Conduct Statistical Analysis

This stage begins with exploratory data analysis to discover patterns, identify anomalies, and test assumptions. Exploratory data analysis relies heavily on statistical methods and graphical representations of the data. The analysis performed varies by project and may include descriptive analytics to identify what has happened and diagnostic analytics to determine why it has happened. Supervised and unsupervised machine learning techniques (e.g., random forest, regression, decision trees, clustering) are used to identify trends and predict outcomes (predictive analytics). The analytical results are combined with model simulation results to recommend a course of action and propose the best strategies to achieve the desired outcomes (prescriptive analytics).
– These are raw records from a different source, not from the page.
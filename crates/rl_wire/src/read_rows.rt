//! Reading the second line of a startup text.
ghost use Rattle.std.specs.Prelude.{◌≡◌, IfOk, IfSome, drop, map, option_map, unwrap_or, [], IsTrue};
ghost use Rattle.std.specs.List.{filter_map};
ghost use Rattle.std.specs.Vec.Iter.{into_iter_items};
ghost use Rattle.serde_json.specs.Find.{as_array, as_str};
ghost use Rattle.serde_json.specs.View.{view};
ghost use Rattle.rl_wire.specs.Arguments.{listed};
ghost use Rattle.rl_wire.specs.Startup.{is_writable, AreWritable};
ghost use Rattle.rl_wire.specs.StartupReading.{number_in, name_in, version_in, dep_in, deps_in, group_in, next_field, if_writable, row_of, row_in, if_rows};
ghost use Rattle.rl_wire.specs.StartupReading.{rows_in};

use crate::read::{argument_in, text_in};
use crate::rows::add_rows;
use crate::startup::is_writable;
use rl_names::{Dep, Group, Name, NoMemory, Row, Seq, Text, Version};
use serde_json::Value;
use std::alloc::Global;
use std::vec::IntoIter;

/// The values of an array.
fn array_in(value: Value) -> Option<Vec<Value>>
    ensures { option_map (λ v. map view v.items) result ≡ option_map listed (as_array (view value)) }
{
    match value {
        Value::Array(values) => Some(values),
        Value::Null | Value::Bool(_) | Value::Number(_) | Value::String(_) | Value::Object(_) => {
            None
        }
    }
}

/// A number below 2^32.
fn number_in(value: &Value) -> Option<u32>
    ensures { result ≡ number_in (view value.now) }
{
    u32::try_from(value.as_u64()?).ok()
}

/// A dependency: the number of a row, or a name.
fn dep_in(value: Value) -> Option<Dep>
    ensures { result ≡ dep_in (view value) }
{
    match number_in(&value) {
        Some(row) => Some(Dep::At(row)),
        None => match text_in(value) {
            Some(name) => Some(Dep::Named(name)),
            None => None,
        },
    }
}

/// The dependencies of an array.
fn deps_in(alloc: Global, value: Value) -> Result<Vec<Dep>, NoMemory>
    ensures { IfOk result (λ v. v.items ≡ deps_in (view value)) }
{
    let mut deps = Vec::new(alloc);
    let Some(values) = array_in(value) else {
        return Ok(deps);
    };
    'values: for value in values {
        if let Some(dep) = dep_in(value) {
            deps.push(dep)?;
        }
    }
    Ok(deps)
}

/// The name that a string is.
fn name_in(value: Value) -> Option<Name>
    ensures { result ≡ name_in (view value) }
{
    let text = text_in(value)?;
    if Name::is(text.as_bytes()) {
        Some(Name::from_text(text))
    } else {
        None
    }
}

/// The version that a string is.
fn version_in(value: &Value) -> Option<Version>
    ensures { result ≡ version_in (view value.now) }
{
    Version::read(value.as_str()?.as_bytes())
}

/// The group of a number; where none stands, it is the plain one.
fn group_in(value: &Value) -> Group
    ensures { result ≡ group_in (view value.now) }
{
    match number_in(value) {
        None => Group::Plain,
        Some(0) => Group::User,
        Some(1) => Group::Private,
        Some(number) => Group::Other(number),
    }
}

/// The field that stands first; one that is left out is blank.
fn next_field(fields: &mut IntoIter<Value>) -> Value
    ensures value { view result ≡ next_field (map view (into_iter_items fields.old)) }
    ensures rest { map view (into_iter_items fields.new) ≡ drop 1 (map view (into_iter_items fields.old)) }
{
    match fields.next() {
        Some(value) => value,
        None => Value::Null,
    }
}

/// The text that a string is; of any other value, the empty text.
fn source_in(alloc: Global, value: Value) -> Text
    ensures { result ≡ unwrap_or (as_str (view value)) [] }
{
    match text_in(value) {
        Some(text) => text,
        None => Text::from_string(String::new(alloc)),
    }
}

/// The row, where it may be written.
fn if_writable(row: Row) -> Option<Row>
    ensures value { result ≡ if_writable row }
    ensures writable { IfSome result (λ r. IsTrue (is_writable r)) }
{
    if is_writable(&row) { Some(row) } else { None }
}

/// The row of these fields.
fn row_of(alloc: Global, fields: Vec<Value>) -> Result<Option<Row>, NoMemory>
    ensures value { IfOk result (λ row. row ≡ row_of (map view fields.items)) }
    ensures writable { IfOk result (λ row. IfSome row (λ r. IsTrue (is_writable r))) }
{
    let mut fields = fields.into_iter();
    let Some(name) = name_in(next_field(&mut fields)) else {
        return Ok(None);
    };
    let version = version_in(&next_field(&mut fields));
    let deps = deps_in(alloc, next_field(&mut fields))?;
    let group = group_in(&next_field(&mut fields));
    let source = source_in(alloc, next_field(&mut fields));
    let skip = text_in(next_field(&mut fields));
    Ok(if_writable(Row {
        name,
        version,
        deps: Seq::of(deps),
        group,
        source,
        skip,
    }))
}

/// The row of an array.
fn row_in(alloc: Global, value: Value) -> Result<Option<Row>, NoMemory>
    ensures value { IfOk result (λ row. row ≡ row_in (view value)) }
    ensures writable { IfOk result (λ row. IfSome row (λ r. IsTrue (is_writable r))) }
{
    match array_in(value) {
        Some(fields) => row_of(alloc, fields),
        None => Ok(None),
    }
}

/// The rows among values.
fn rows_among(alloc: Global, values: Vec<Value>) -> Result<Vec<Row>, NoMemory>
    ensures value { IfOk result (λ v. v.items ≡ filter_map row_in (map view values.items)) }
    ensures writable { IfOk result (λ v. AreWritable v.items) }
{
    let mut rows = Vec::with_capacity(alloc, values.len())?;
    'values: for value in values {
        if let Some(row) = row_in(alloc, value)? {
            rows.push(row)?;
        }
    }
    Ok(rows)
}

/// The rows, where the bytes are their line, without its end.
fn if_rows(alloc: Global, line: &[u8], rows: Vec<Row>) -> Result<Option<Vec<Row>>, NoMemory>
    ensures value { IfOk result (λ found. option_map (λ v. v.items) found ≡ if_rows line.now rows.items) }
    ensures found { IfOk result (λ found. IfSome found (λ v. v.items ≡ rows.items)) }
{
    let mut text = String::new(alloc);
    text.reserve(line.len())?;
    add_rows(alloc, &mut text, &rows)?;
    if text.as_bytes() == line {
        Ok(Some(rows))
    } else {
        Ok(None)
    }
}

/// The rows whose line the bytes are, without its end.
pub(crate) fn rows_in(alloc: Global, line: &[u8]) -> Result<Option<Vec<Row>>, NoMemory>
    ensures value { IfOk result (λ rows. option_map (λ v. v.items) rows ≡ rows_in line.now) }
    ensures writable { IfOk result (λ rows. IfSome rows (λ v. AreWritable v.items)) }
{
    let Some(argument) = argument_in(alloc, line, 19)? else {
        return Ok(None);
    };
    let Some(values) = array_in(argument) else {
        return Ok(None);
    };
    let rows = rows_among(alloc, values)?;
    if_rows(alloc, line, rows)
}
Our team of data scientists, policy researcher analysts, data analysts, and information technology experts are proficient in Python and related data science libraries, SQL, R, Tableau, PowerBI, Java, MATLAB, SAS, SPSS, and Stata. We leverage these analytical tools to achieve the project objectives. 

Recognizing racial, ethnic, gender, and economic inequalities

All analysis is undertaken with a recognition of the racial, ethnic, gender, and economic inequalities, including the intersectional inequality, in our communities and thus the justice system. We engage stakeholders (e.g., justice system actors, administrators, policymakers, affected communities and individuals, and advocates) throughout the entire statistical analysis stage. This serves multiple purposes including understanding context, transparency, accountability, receiving feedback, gaining insights, reducing researcher bias, improving the quality of the results, and increasing trust in the deliverables.